To curtail the risks associated with static bending, nondestructive testing (NDT) is an alternative method of estimating the properties of a material in such a way that preserves the integrity of the material being tested. Ross (2015) defines nondestructive evaluation (NDE) as the science of identifying the physical and mechanical properties of a piece of material without altering its end-use capabilities and then using this information to make decisions regarding appropriate applications. This technique estimates the strength of the material by generating a dynamic modulus of elasticity (dMOE) through vibration produced across (transverse) or along (longitudinal) the length of the material being tested. In a force vibration testing of hybrid cross-laminated timber (CLT)–concrete, Quang et al. (2018) found that dynamic properties generated are good indicators of the wood quality. This indicates that NDT could be very beneficial for quality-control purposes in the wood products industry. Franca et al. (2020) stated that these two types of NDT techniques—longitudinal stress wave and transverse vibration—are the most widely used in structural lumber evaluation.
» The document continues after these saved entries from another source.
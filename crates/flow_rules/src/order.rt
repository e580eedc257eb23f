//! The order of keys.
ghost use Rattle.std.specs.Prelude.{◌≡◌};
ghost use Rattle.flow_rules.specs.Order.{port_rank, vlan_rank, key_cmp};

use crate::rules::{Key, VlanTest};
use net_base::Port;
use std::cmp::Ordering;

/// Any port first, and then the ports by their numbers.
pub(crate) fn rank_of_port(port: Option<Port>) -> u32
    ensures { result ≡ port_rank port }
{
    match port {
        None => 0,
        Some(port) => 1 + u32::from(port.0),
    }
}

/// Any VLAN first, then untagged, and then the ids.
pub(crate) fn rank_of_vlan(test: VlanTest) -> u32
    ensures { result ≡ vlan_rank test }
{
    match test {
        VlanTest::Any => 0,
        VlanTest::Untagged => 1,
        VlanTest::Id(id) => 2 + u32::from(id),
    }
}

/// The key order: the greater priority first, then any ingress port before the ports, any VLAN before untagged before the
/// ids, and the prefixes by their first address and then their length. No two keys tie.
pub fn key_order(a: &Key, b: &Key) -> Ordering
    ensures { result ≡ key_cmp a.now b.now }
{
    let one = &a.pattern;
    let two = &b.pattern;
    let from = &one.dst;
    let to = &two.dst;
    b.priority
        .cmp(&a.priority)
        .then(rank_of_port(one.in_port).cmp(&rank_of_port(two.in_port)))
        .then(rank_of_vlan(one.vlan).cmp(&rank_of_vlan(two.vlan)))
        .then(from.base.cmp(&to.base))
        .then(from.len.cmp(&to.len))
}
Some authors (Jayne 1959, Kaiserlik and Pellerin 1977, Gerhards 1982, Falk et al. 1990; Wang 2013, Franca et al. 2020) have previously emphasized how the use of longitudinal stress waves to predict the MOE of lumber has been extensively studied. This technique relies on the principle of time-of-flight measurement systems to determine the speed required for the propagated stress wave to travel along the length of the material being tested. In these measurement systems, a mechanical or ultrasonic impact is used to transmit longitudinal waves into a member. Piezoelectric sensors are placed at two points on the member and used to sense the passing of the wave. The time required for the wave to travel between sensors is measured and used to compute wave propagation speed, which is then used to calculate the dMOE. This principle has been used by different authors in previous studies. Prakash (1980), Franca et al. (2018), and Lee et al. (2021) used various NDT techniques to estimate the mechanical properties of lumber and composite material. The advantages of using the longitudinal vibration waves as a tool to determine the MOE over some other types of NDT are the simplicity, affordability, and suitability across applications (Turkot et al. 2020).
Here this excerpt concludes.